# [SUPPLIED RECORDS]
//! Certificates that are written, read and accepted.
use rp_commands::Status;
use rp_evidence::Kind;
use rp_json::{JsonFault, read, write};
use std::alloc::Global;
use std::process::Abort;
use std::test::Fail;
use tests_inputs::tables::{
    ALONE, APART, CONTRADICTION, EQUAL, MORE_AND_LESS, NINE_TENTHS, THREE, certificate_of,
};
use tests_support::{CHECK, joined, prints, run_with_failures, tells};

/// Whether the text is read as a certificate on a table, and written again as it stood.
fn is_read_unchanged(alloc: Global, text: &str) -> Result<bool, JsonFault> {
    let certificate = read(alloc, text.as_bytes(), Kind::Table)?;
    let written = write(alloc, &certificate)?;
    Ok(written.as_slice() == text.as_bytes())
}

/// The words over the files, of which the first is the table, print the certificate, which is read unchanged and
/// accepted on the table with that line.
fn writes_and_accepts(
    rt: &impl Abort,
    alloc: Global,
    words: &[&str],
    files: &[(&str, &str)],
    certificate: &str,
    line: &str,
) -> Result<(), Fail> {
    let Some((_, table)) = files.first() else {
        return Err("no table".into());
    };
    prints(alloc, words, files, certificate)?;
    assert!(rt;
        is_read_unchanged(alloc, certificate)?,
        "{words:?} over {files:?}"
    );
    prints(
        alloc,
        CHECK,
        &[("t.csv", table), ("c.json", certificate)],
        line,
    )
}

/// Tables, the items of their certificates, and how many of these are withheld.
const OF_TABLES: &[(&str, &str, u32)] = &[
    (
        CONTRADICTION,
        "{\"cycle\":[1,2,1],\"item\":\"garp\"},{\"cycle\":[1,2,1],\"item\":\"afriat\"},{\"above\":[1,2,1],\"at_ranks\":[2,2],\"below\":[1,1],\"item\":\"efficiency\",\"level\":\"4/5\"},{\"cycle\":[1,2,1],\"item\":\"homothetic\",\"start\":\"1\"},{\"cycle\":[1,2,1],\"item\":\"quasilinear\"}",
        0,
    ),
    (
        APART,
        "{\"item\":\"garp\",\"ranks\":[1,1]},{\"item\":\"afriat\",\"lambda\":[\"1\",\"1\"],\"utility\":[\"0\",\"0\"]},{\"above\":[],\"at_ranks\":[1,1],\"below\":[1,1],\"item\":\"efficiency\",\"level\":\"1\"},{\"item\":\"homothetic\",\"values\":[\"1\",\"1\"]},{\"item\":\"quasilinear\",\"values\":[\"0\",\"0\"]}",
        0,
    ),
    (
        MORE_AND_LESS,
        "{\"item\":\"garp\",\"ranks\":[2,1]},{\"item\":\"afriat\",\"lambda\":[\"1\",\"1\"],\"utility\":[\"0\",\"-4\"]},{\"above\":[],\"at_ranks\":[2,1],\"below\":[2,1],\"item\":\"efficiency\",\"level\":\"1\"},{\"item\":\"homothetic\",\"values\":[\"1\",\"1/2\"]},{\"item\":\"quasilinear\",\"values\":[\"0\",\"-4\"]}",
        0,
    ),
    (
        EQUAL,
        "{\"item\":\"garp\",\"ranks\":[2,2]},{\"item\":\"afriat\",\"lambda\":[\"1\",\"1\"],\"utility\":[\"0\",\"0\"]},{\"above\":[],\"at_ranks\":[2,2],\"below\":[1,1],\"item\":\"efficiency\",\"level\":\"1\"},{\"item\":\"homothetic\",\"values\":[\"1\",\"1\"]},{\"item\":\"quasilinear\",\"values\":[\"0\",\"0\"]}",
        0,
    ),
    (
        NINE_TENTHS,
        "{\"cycle\":[1,2,1],\"item\":\"garp\"},{\"cycle\":[1,2,1],\"item\":\"afriat\"},{\"above\":[1,2,1],\"at_cycle\":[2,1,2],\"below\":[2,1],\"item\":\"efficiency\",\"level\":\"9/10\"},{\"cycle\":[1,2,1],\"item\":\"homothetic\",\"start\":\"1\"},{\"cycle\":[1,2,1],\"item\":\"quasilinear\"}",
        0,
    ),
    (
        THREE,
        "{\"cycle\":[1,2,3,1],\"item\":\"garp\"},{\"cycle\":[1,2,3,1],\"item\":\"afriat\"},{\"above\":[1,2,3,1],\"at_ranks\":[3,3,3],\"below\":[1,1,1],\"item\":\"efficiency\",\"level\":\"1/2\"},{\"cycle\":[1,2,1],\"item\":\"homothetic\",\"start\":\"1\"},{\"cycle\":[1,2,3,1],\"item\":\"quasilinear\"}",
        0,
    ),
    (
        ALONE,
        "{\"item\":\"garp\",\"ranks\":[1]},{\"item\":\"afriat\",\"lambda\":[\"1\"],\"utility\":[\"0\"]},{\"above\":[],\"at_ranks\":[1],\"below\":[1],\"item\":\"efficiency\",\"level\":\"1\"},{\"item\":\"homothetic\",\"values\":[\"1\"]},{\"item\":\"quasilinear\",\"values\":[\"0\"]}",
        0,
    ),
    (
        "p_a,q_a,p_b,q_b\n2,3,1,2\n1,0,2,3\n2,1,1,0\n",
        "{\"item\":\"garp\",\"ranks\":[3,2,1]},{\"item\":\"afriat\",\"lambda\":[\"1\",\"5\",\"25\"],\"utility\":[\"0\",\"-5\",\"-30\"]},{\"above\":[],\"at_ranks\":[3,2,1],\"below\":[3,2,1],\"item\":\"efficiency\",\"level\":\"1\"},{\"cycle\":[1,2,1],\"item\":\"homothetic\",\"start\":\"1\"},{\"cycle\":[1,2,1],\"item\":\"quasilinear\"}",
        0,
    ),
    (
        "p_a,q_a,p_b,q_b,p_c,q_c\n2,1,2,3,3,0\n3,1,1,0,1,3\n3,0,1,3,2,2\n2,3,2,1,2,3\n",
        "{\"item\":\"garp\",\"ranks\":[1,3,2,4]},{\"item\":\"afriat\",\"lambda\":[\"1\",\"1\",\"1\",\"1\"],\"utility\":[\"-8\",\"-6\",\"-7\",\"0\"]},{\"above\":[],\"at_ranks\":[1,3,2,4],\"below\":[1,3,2,4],\"item\":\"efficiency\",\"level\":\"1\"},{\"cycle\":[2,3,1,2],\"item\":\"homothetic\",\"start\":\"4/7\"},{\"item\":\"quasilinear\",\"values\":[\"-8\",\"-6\",\"-7\",\"0\"]}",
        0,
    ),
    (
        "p_a,q_a,p_b,q_b,p_c,q_c\n1,4,1,3,3,2\n2,3,1,4,4,0\n4,1,2,1,3,1\n4,0,2,2,4,0\n2,4,4,3,3,4\n",
        "{\"item\":\"garp\",\"ranks\":[4,3,2,1,5]},{\"item\":\"afriat\",\"lambda\":[\"1\",\"1\",\"1\",\"1\",\"1\"],\"utility\":[\"-6\",\"-12\",\"-23\",\"-28\",\"0\"]},{\"above\":[],\"at_ranks\":[4,3,2,1,5],\"below\":[4,3,2,1,5],\"item\":\"efficiency\",\"level\":\"1\"},{\"cycle\":[1,2,4,1],\"item\":\"homothetic\",\"start\":\"13/16\"},{\"item\":\"quasilinear\",\"values\":[\"-6\",\"-12\",\"-23\",\"-28\",\"0\"]}",
        0,
    ),
    (
        "p_a,q_a,p_b,q_b,p_c,q_c\n81265,44542,3591,94595,81629,59312\n95990,34016,10759,69607,54061,93616\n3408,62757,96001,14179,40182,17583\n13978,72477,34584,37214,74213,37714\n34585,70604,3772,60680,33424,39990\n",
        "{\"item\":\"garp\",\"ranks\":[2,3,1,2,4]},{\"item\":\"afriat\",\"lambda\":[\"1\",\"1\",\"1\",\"1\",\"1\"],\"utility\":[\"-127608362\",\"560672088\",\"-2554098865\",\"-127608362\",\"0\"]},{\"above\":[],\"at_ranks\":[2,3,1,2,4],\"below\":[2,3,1,2,4],\"item\":\"efficiency\",\"level\":\"1\"},{\"item\":\"homothetic\",\"withheld\":[3,3,1]},{\"item\":\"quasilinear\",\"values\":[\"-575271912\",\"0\",\"-2790100334\",\"-274212450\",\"-156367785\"]}",
        1,
    ),
    // the third weight would pass 2^60
    (
        "p_a,q_a,p_b,q_b\n1048576,1048577,1,1048576\n1,0,1048576,1048577\n1048576,1,1,0\n",
        "{\"item\":\"garp\",\"ranks\":[3,2,1]},{\"item\":\"afriat\",\"withheld\":3},{\"above\":[],\"at_ranks\":[3,2,1],\"below\":[3,2,1],\"item\":\"efficiency\",\"level\":\"1\"},{\"cycle\":[1,2,1],\"item\":\"homothetic\",\"start\":\"1\"},{\"cycle\":[1,2,1],\"item\":\"quasilinear\"}",
        1,
    ),
    // a product of three steps would pass 2^127
    (
        "p_a,q_a,p_b,q_b\n4194304,2097151,1,4194304\n1,1747627,3145727,2796203\n1,4194304,4194304,2097151\n",
        "{\"item\":\"garp\",\"ranks\":[3,2,1]},{\"item\":\"afriat\",\"lambda\":[\"1\",\"1\",\"1\"],\"utility\":[\"0\",\"-1466011309397\",\"-3665035613524\"]},{\"above\":[],\"at_ranks\":[3,2,1],\"below\":[3,2,1],\"item\":\"efficiency\",\"level\":\"1\"},{\"item\":\"homothetic\",\"withheld\":[2,3,1]},{\"item\":\"quasilinear\",\"values\":[\"0\",\"-1466011309397\",\"-3665035613524\"]}",
        1,
    ),
];

#[test]
fn certificates_of_tables_are_written_and_accepted(rt: HostRuntime) -> Result<(), Fail> {
    let alloc = rt.alloc();
    for (table, items, withheld) in OF_TABLES {
        let certificate = certificate_of(alloc, items)?;
        let line = format!(in alloc; "accepted items 5 withheld {withheld}\n")?;
        writes_and_accepts(
            &rt,
            alloc,
            &["rp", "certify", "t.csv"],
            &[("t.csv", table)],
            certificate.as_str(),
            line.as_str(),
        )?;
    }
    Ok(())
}

/// Commands, tables and new prices, with the items of their certificates and how many these are.
const AT_NEW_PRICES: &[(&str, &str, &str, &str, u32)] = &[
    (
        "demand",
        APART,
        "p_a,p_b,m\n1,1,3\n",
        "{\"item\":\"garp\",\"ranks\":[1,1]},{\"below\":[1,2],\"expenditure\":\"3\",\"goods\":[{\"lower\":{\"den\":\"1\",\"value\":\"1\",\"x\":[\"1\",\"2\"],\"y\":[[2,\"1\"],[4,\"1\"]]},\"upper\":{\"den\":\"1\",\"value\":\"2\",\"x\":[\"2\",\"1\"],\"y\":[[1,\"1\"],[4,\"1\"]]}},{\"lower\":{\"den\":\"1\",\"value\":\"1\",\"x\":[\"2\",\"1\"],\"y\":[[1,\"1\"],[4,\"1\"]]},\"upper\":{\"den\":\"1\",\"value\":\"2\",\"x\":[\"1\",\"2\"],\"y\":[[2,\"1\"],[4,\"1\"]]}}],\"inner\":{\"den\":\"1\",\"num\":[\"2\",\"1\"]},\"item\":\"demand\",\"prices\":[\"1\",\"1\"],\"strict\":[]}",
        2,
    ),
    (
        "demand",
        APART,
        "p_a,p_b,m\n1,1,4\n",
        "{\"item\":\"garp\",\"ranks\":[1,1]},{\"below\":[1,2],\"expenditure\":\"4\",\"goods\":[{\"lower\":{\"den\":\"1\",\"value\":\"0\",\"x\":[\"0\",\"4\"],\"y\":[]},\"upper\":{\"den\":\"1\",\"value\":\"4\",\"x\":[\"4\",\"0\"],\"y\":[]}},{\"lower\":{\"den\":\"1\",\"value\":\"0\",\"x\":[\"4\",\"0\"],\"y\":[]},\"upper\":{\"den\":\"1\",\"value\":\"4\",\"x\":[\"0\",\"4\"],\"y\":[]}}],\"inner\":{\"den\":\"1\",\"num\":[\"3\",\"1\"]},\"item\":\"demand\",\"prices\":[\"1\",\"1\"],\"strict\":[1,2]}",
        2,
    ),
    (
        "demand",
        CONTRADICTION,
        "p_a,p_b,m\n1,1,3\n",
        "{\"cycle\":[1,2,1],\"item\":\"garp\"},{\"cycle\":[1,2,1],\"expenditure\":\"3\",\"item\":\"demand\",\"prices\":[\"1\",\"1\"]}",
        2,
    ),
    (
        "welfare",
        MORE_AND_LESS,
        "p_a,p_b\n1,2\n",
        "{\"item\":\"garp\",\"ranks\":[2,1]},{\"at\":1,\"item\":\"welfare\",\"lower\":{\"den\":\"1\",\"value\":\"8\",\"x\":[\"8\",\"0\"],\"y\":[[1,\"1\"]]},\"observation\":1,\"prices\":[\"1\",\"2\"],\"upper\":\"12\"},{\"at\":2,\"item\":\"welfare\",\"lower\":{\"den\":\"1\",\"value\":\"4\",\"x\":[\"4\",\"0\"],\"y\":[[1,\"1\"]]},\"observation\":2,\"prices\":[\"1\",\"2\"],\"upper\":\"6\"}",
        3,
    ),
    (
        "welfare",
        CONTRADICTION,
        "p_a,p_b\n1,2\n",
        "{\"cycle\":[1,2,1],\"item\":\"garp\"},{\"cycle\":[1,2,1],\"item\":\"welfare\",\"observation\":1,\"prices\":[\"1\",\"2\"]},{\"cycle\":[1,2,1],\"item\":\"welfare\",\"observation\":2,\"prices\":[\"1\",\"2\"]}",
        3,
    ),
];

#[test]
fn certificates_at_new_prices_are_written_and_accepted(rt: HostRuntime) -> Result<(), Fail> {
    let alloc = rt.alloc();
    for (command, table, new, items, count) in AT_NEW_PRICES {
        let certificate = certificate_of(alloc, items)?;
        let line = format!(in alloc; "accepted items {count} withheld 0\n")?;
        writes_and_accepts(
            &rt,
            alloc,
            &["rp", command, "t.csv", "n.csv", "--json"],
            &[("t.csv", table), ("n.csv", new)],
            certificate.as_str(),
            line.as_str(),
        )?;
    }
    Ok(())
}

/// 25 rounds that alternate between two budgets.
fn rounds(alloc: Global) -> Result<String, Fail> {
    let mut file = String::from_str(alloc, "p_a,p_b,q_a,q_b\n")?;
    for round in 1..26u32 {
        file.push_str(if round % 2 == 1 {
            "1.25,2.50,20.2,10.1\n"
        } else {
            "2.50,1.25,10.1,20.2\n"
        })?;
    }
    Ok(file)
}

/// A list of 25 entries that alternate.
fn list(alloc: Global, odd: &str, even: &str) -> Result<String, Fail> {
    let mut text = String::from_str(alloc, odd)?;
    for round in 2..26u32 {
        text.push_str(",")?;
        text.push_str(if round % 2 == 1 { odd } else { even })?;
    }
    Ok(text)
}

/// The certificate of the rounds: at the prices of one, bundles of its own parity cost 50500 and the others 63125.
fn certificate_of_rounds(alloc: Global) -> Result<String, Fail> {
    let (ranks, utility) = (list(alloc, "13", "12")?, list(alloc, "\"0\"", "\"12625\"")?);
    let (ones, units) = (list(alloc, "1", "1")?, list(alloc, "\"1\"", "\"1\"")?);
    let sums = list(alloc, "\"0\"", "\"0\"")?;
    let items = joined(
        alloc,
        &[
            "{\"item\":\"garp\",\"ranks\":[",
            ranks.as_str(),
            "]},{\"item\":\"afriat\",\"lambda\":[",
            units.as_str(),
            "],\"utility\":[",
            utility.as_str(),
            "]},{\"above\":[],\"at_ranks\":[",
            ranks.as_str(),
            "],\"below\":[",
            ones.as_str(),
            "],\"item\":\"efficiency\",\"level\":\"1\"},{\"item\":\"homothetic\",\"values\":[",
            units.as_str(),
            "]},{\"item\":\"quasilinear\",\"values\":[",
            sums.as_str(),
            "]}",
        ],
    )?;
    certificate_of(alloc, items.as_str())
}

#[test]
fn the_certificate_of_rounds_with_decimals(rt: HostRuntime) -> Result<(), Fail> {
    let alloc = rt.alloc();
    let (table, certificate) = (rounds(alloc)?, certificate_of_rounds(alloc)?);
    writes_and_accepts(
        &rt,
        alloc,
        &["rp", "certify", "t.csv"],
        &[("t.csv", table.as_str())],
        certificate.as_str(),
        "accepted items 5 withheld 0\n",
    )
}

#[test]
fn rounds_whose_first_read_fails(rt: HostRuntime) -> Result<(), Fail> {
    let alloc = rt.alloc();
    let (table, certificate) = (rounds(alloc)?, certificate_of_rounds(alloc)?);
    let files = &[("t.csv", table.as_str()), ("c.json", certificate.as_str())];
    for words in [&["rp", "certify", "t.csv"] as &[&str], CHECK] {
        let got = run_with_failures(alloc, words, files, &[1], &[])?;
        let told = tells(&got, Status::ReadFault, "rp: t.csv: read failed\n");
        assert!(rt; told, "{words:?} {} {}", got.out, got.err);
    }
    Ok(())
}

const SPELLINGS: &[(&str, &str)] = &[
    (
        "{\"version\": 1, \"kind\": \"table\",\n \"items\": [ {\"item\": \"garp\", \"cycle\": [1, 2, 1]} ]}",
        "accepted items 1 withheld 0\n",
    ),
    (
        "{\"items\":[],\"kind\":\"t\\u0061ble\",\"version\":1}",
        "accepted items 0 withheld 0\n",
    ),
];

#[test]
fn other_spellings_of_a_certificate(rt: HostRuntime) -> Result<(), Fail> {
    for (certificate, line) in SPELLINGS {
        let files = &[("t.csv", CONTRADICTION), ("c.json", certificate)];
        prints(rt.alloc(), CHECK, files, line)?;
    }
    Ok(())
}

# [WHAT TO WORK ON]
Copy every line from the records that holds the string "pass".

# [SOLUTION]
    // the third weight would pass 2^60
    // a product of three steps would pass 2^127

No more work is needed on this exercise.